_Aim of the task_: Word for word, restate every line from the one with "self.after | self.after_entered)" through the end of the records below, both included, and add nothing.

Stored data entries
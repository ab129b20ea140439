//! A sweep over the parts of a pattern, from the left.

ghost use Rattle.std.specs.Prelude.{◌≡◌, ◌↔◌, ◌+◌, ◌≤◌, IsTrue, false, length, get_or};
ghost use Rattle.jp_match.specs.Private.Sweeps.{IsUnmarked, at_start, by_either, by_next, nowhere};
ghost use Rattle.jp_match.specs.Private.Sweeps.{only_if};

use crate::class_tests::Tests;
use crate::offsets::is_any;

/// The marks of a pattern, what is kept of its repeats, the character that moves them, and where a
/// sweep over the parts stands: it comes to the positions and to the repeats one after another, so
/// nothing is counted or looked up.
#[derive(Drop)]
pub(crate) struct Sweep {
    /// The character that is taken; before the first one, any.
    pub(crate) c: char,
    /// A mark for each position: its class has taken the last character.
    pub(crate) marks: Vec<bool>,
    /// For each repeat without a most whether a round of it has ended.
    pub(crate) rounds: Vec<bool>,
    pub(crate) at: usize,
    pub(crate) round: usize,
    /// Counts the class tests.
    pub(crate) tests: Tests,
}

impl Sweep {
    /// Whether none of the next positions, as many as that, has a mark.
    #[inline(always)]
    pub(crate) fn is_unmarked(&self, positions: usize) -> bool
        requires { self.now.at + positions ≤ length self.now.marks.items }
        ensures { IsTrue result ↔ IsUnmarked self.now positions }
    {
        !is_any(&self.marks[self.at..self.at + positions])
    }

    /// Whether a round of the next repeat has ended.
    pub(crate) fn round_has_ended(&self) -> bool
        ensures { result ≡ get_or self.now.rounds.items self.now.round false }
    {
        match self.rounds.get(self.round) {
            Some(ended) => *ended,
            None => false,
        }
    }
}

/// Whether the end of a part of a pattern is reached by a mark, or by the empty word where the part
/// is entered.
#[derive(Clone, Copy)]
pub(crate) struct Reach {
    /// Before the character.
    pub(crate) before: bool,
    /// After it, the part not being entered.
    pub(crate) after: bool,
    /// After it, the part being entered.
    pub(crate) after_entered: bool,
}

impl Reach {
    /// Nowhere.
    pub(crate) fn none() -> Reach
        ensures { result ≡ nowhere }
    {
        Reach {
            before: false,
            after: false,
            after_entered: false,
        }
    }

    /// At the start of a part.
    pub(crate) fn at_start(entered: bool) -> Reach
        ensures { result ≡ at_start entered }
    {
        Reach {
            before: entered,
            after: false,
            after_entered: true,
        }
    }

    /// Whether it is reached in no way.
    pub(crate) fn is_nowhere(self) -> bool
        ensures { IsTrue result ↔ (self ≡ nowhere) }
    {
        !(self.before | self.after | self.after_entered)
    }

    /// By this part or by the other.
    pub(crate) fn or(self, other: Reach) -> Reach
        ensures { result ≡ by_either self other }
    {
        Reach {
            before: self.before | other.before,
            after: self.after | other.after,
            after_entered: self.after_entered | other.after_entered,
        }
    }

    /// This reach where the condition holds, and else nowhere.
    pub(crate) fn only_if(self, condition: bool) -> Reach
        ensures { result ≡ only_if condition self }
    {
        Reach {
            before: condition & self.before,
            after: condition & self.after,
            after_entered: condition & self.after_entered,
        }
    }

    /// By the part after this one, which was swept as it was entered.
    pub(crate) fn then(self, next: Reach) -> Reach
        ensures { result ≡ by_next self next }
    {
        Reach {
            before: next.before,
            after: next.after | (self.after & next.after_entered),
            after_entered: next.after | (self.after_entered & next.after_entered),
        }
    }
}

_Task solution_:
        !(self.before | self.after | self.after_entered)
    }

    /// By this part or by the other.
    pub(crate) fn or(self, other: Reach) -> Reach
        ensures { result ≡ by_either self other }
    {
        Reach {
            before: self.before | other.before,
            after: self.after | other.after,
            after_entered: self.after_entered | other.after_entered,
        }
    }

    /// This reach where the condition holds, and else nowhere.
    pub(crate) fn only_if(self, condition: bool) -> Reach
        ensures { result ≡ only_if condition self }
    {
        Reach {
            before: condition & self.before,
            after: condition & self.after,
            after_entered: condition & self.after_entered,
        }
    }

    /// By the part after this one, which was swept as it was entered.
    pub(crate) fn then(self, next: Reach) -> Reach
        ensures { result ≡ by_next self next }
    {
        Reach {
            before: next.before,
            after: next.after | (self.after & next.after_entered),
            after_entered: next.after | (self.after_entered & next.after_entered),
        }
    }
}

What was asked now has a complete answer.